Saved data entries
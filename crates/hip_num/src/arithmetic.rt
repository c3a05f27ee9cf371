ghost use Rattle.std.specs.Prelude.{◌≡◌, ◌<◌};
ghost use Rattle.std.specs.Option.{SomeIff};
ghost use Rattle.hip_types.specs.Widths.{bits_of};
ghost use Rattle.hip_num.specs.Arithmetic.{binary_of, division_fault};

use crate::sign::{from_signed, signed_value};
use hip_types::{BinaryOp, Bits};

/// Why an operation on two integers has no result.
#[derive(Clone, Copy, Debug, PartialEq, Eq)]
pub enum NumTrap {
    /// The divisor is 0.
    DivZero,
    /// The quotient of the least integer with a sign by -1 is too large for the width.
    DivOverflow,
    /// The amount of a shift is the width or more.
    ShiftRange,
}

/// The result of an operation on two integers of the same width, or why it has none.
pub fn binary(op: BinaryOp, a: Bits, b: Bits) -> Result<Bits, NumTrap>
    requires { a.width ≡ b.width }
    ensures { result ≡ binary_of op a b }
{
    match op {
        BinaryOp::Add => Ok(Bits::new(a.width, a.value.wrapping_add(b.value))),
        BinaryOp::Sub => Ok(Bits::new(a.width, a.value.wrapping_sub(b.value))),
        BinaryOp::Mul => Ok(Bits::new(a.width, a.value.wrapping_mul(b.value))),
        BinaryOp::Udiv => quotient(a, b),
        BinaryOp::Sdiv => signed_quotient(a, b),
        BinaryOp::Urem => rest(a, b),
        BinaryOp::Srem => signed_rest(a, b),
        BinaryOp::And => Ok(Bits::new(a.width, a.value & b.value)),
        BinaryOp::Or => Ok(Bits::new(a.width, a.value | b.value)),
        BinaryOp::Xor => Ok(Bits::new(a.width, a.value ^ b.value)),
        BinaryOp::Shl => shift_left(a, b),
        BinaryOp::Lshr => shift_right(a, b),
        BinaryOp::Ashr => shift_right_signed(a, b),
    }
}

fn quotient(a: Bits, b: Bits) -> Result<Bits, NumTrap>
    ensures { result ≡ binary_of BinaryOp.Udiv a b }
{
    if b.value == 0 {
        return Err(NumTrap::DivZero);
    }
    Ok(Bits::new(a.width, a.value / b.value))
}

fn rest(a: Bits, b: Bits) -> Result<Bits, NumTrap>
    ensures { result ≡ binary_of BinaryOp.Urem a b }
{
    if b.value == 0 {
        return Err(NumTrap::DivZero);
    }
    Ok(Bits::new(a.width, a.value % b.value))
}

/// Why an integer may not be divided by another one, both with a sign; none if it may.
fn divisor_fault(a: Bits, b: Bits) -> Option<NumTrap>
    requires { a.width ≡ b.width }
    ensures { result ≡ division_fault a.width a.value b.value }
{
    if b.value == 0 {
        Some(NumTrap::DivZero)
    } else if a.value == a.width.sign_bit() && b.value == a.width.all_bits() {
        Some(NumTrap::DivOverflow)
    } else {
        None
    }
}

fn signed_quotient(a: Bits, b: Bits) -> Result<Bits, NumTrap>
    requires { a.width ≡ b.width }
    ensures { result ≡ binary_of BinaryOp.Sdiv a b }
{
    match divisor_fault(a, b) {
        Some(trap) => Err(trap),
        None => {
            let quotient = signed_value(a) / signed_value(b);
            Ok(from_signed(a.width, quotient))
        }
    }
}

fn signed_rest(a: Bits, b: Bits) -> Result<Bits, NumTrap>
    requires { a.width ≡ b.width }
    ensures { result ≡ binary_of BinaryOp.Srem a b }
{
    match divisor_fault(a, b) {
        Some(trap) => Err(trap),
        None => {
            let rest = signed_value(a) % signed_value(b);
            Ok(from_signed(a.width, rest))
        }
    }
}

/// The amount of a shift, if it is below the width.
fn shift_amount(a: Bits, b: Bits) -> Option<u32>
    ensures { SomeIff result (b.value < bits_of a.width) b.value }
{
    if b.value < u64::from(a.width.bits()) {
        Some(b.value as u32)
    } else {
        None
    }
}

fn shift_left(a: Bits, b: Bits) -> Result<Bits, NumTrap>
    ensures { result ≡ binary_of BinaryOp.Shl a b }
{
    match shift_amount(a, b) {
        Some(amount) => Ok(Bits::new(a.width, a.value << amount)),
        None => Err(NumTrap::ShiftRange),
    }
}

fn shift_right(a: Bits, b: Bits) -> Result<Bits, NumTrap>
    ensures { result ≡ binary_of BinaryOp.Lshr a b }
{
    match shift_amount(a, b) {
        Some(amount) => Ok(Bits::new(a.width, a.value >> amount)),
        None => Err(NumTrap::ShiftRange),
    }
}

fn shift_right_signed(a: Bits, b: Bits) -> Result<Bits, NumTrap>
    ensures { result ≡ binary_of BinaryOp.Ashr a b }
{
    match shift_amount(a, b) {
        Some(amount) => {
            let shifted = signed_value(a) >> amount;
            Ok(from_signed(a.width, shifted))
        }
        None => Err(NumTrap::ShiftRange),
    }
}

#### [REQUIRED ACTION]
Give back, word for word, the lines of the records that run from the one holding "Some(amount) => Ok(Bits::new(a.width, a.value >>" to the very last.

#### [SOLUTION TO THE EXERCISE]
        Some(amount) => Ok(Bits::new(a.width, a.value >> amount)),
        None => Err(NumTrap::ShiftRange),
    }
}

fn shift_right_signed(a: Bits, b: Bits) -> Result<Bits, NumTrap>
    ensures { result ≡ binary_of BinaryOp.Ashr a b }
{
    match shift_amount(a, b) {
        Some(amount) => {
            let shifted = signed_value(a) >> amount;
            Ok(from_signed(a.width, shifted))
        }
        None => Err(NumTrap::ShiftRange),
    }
}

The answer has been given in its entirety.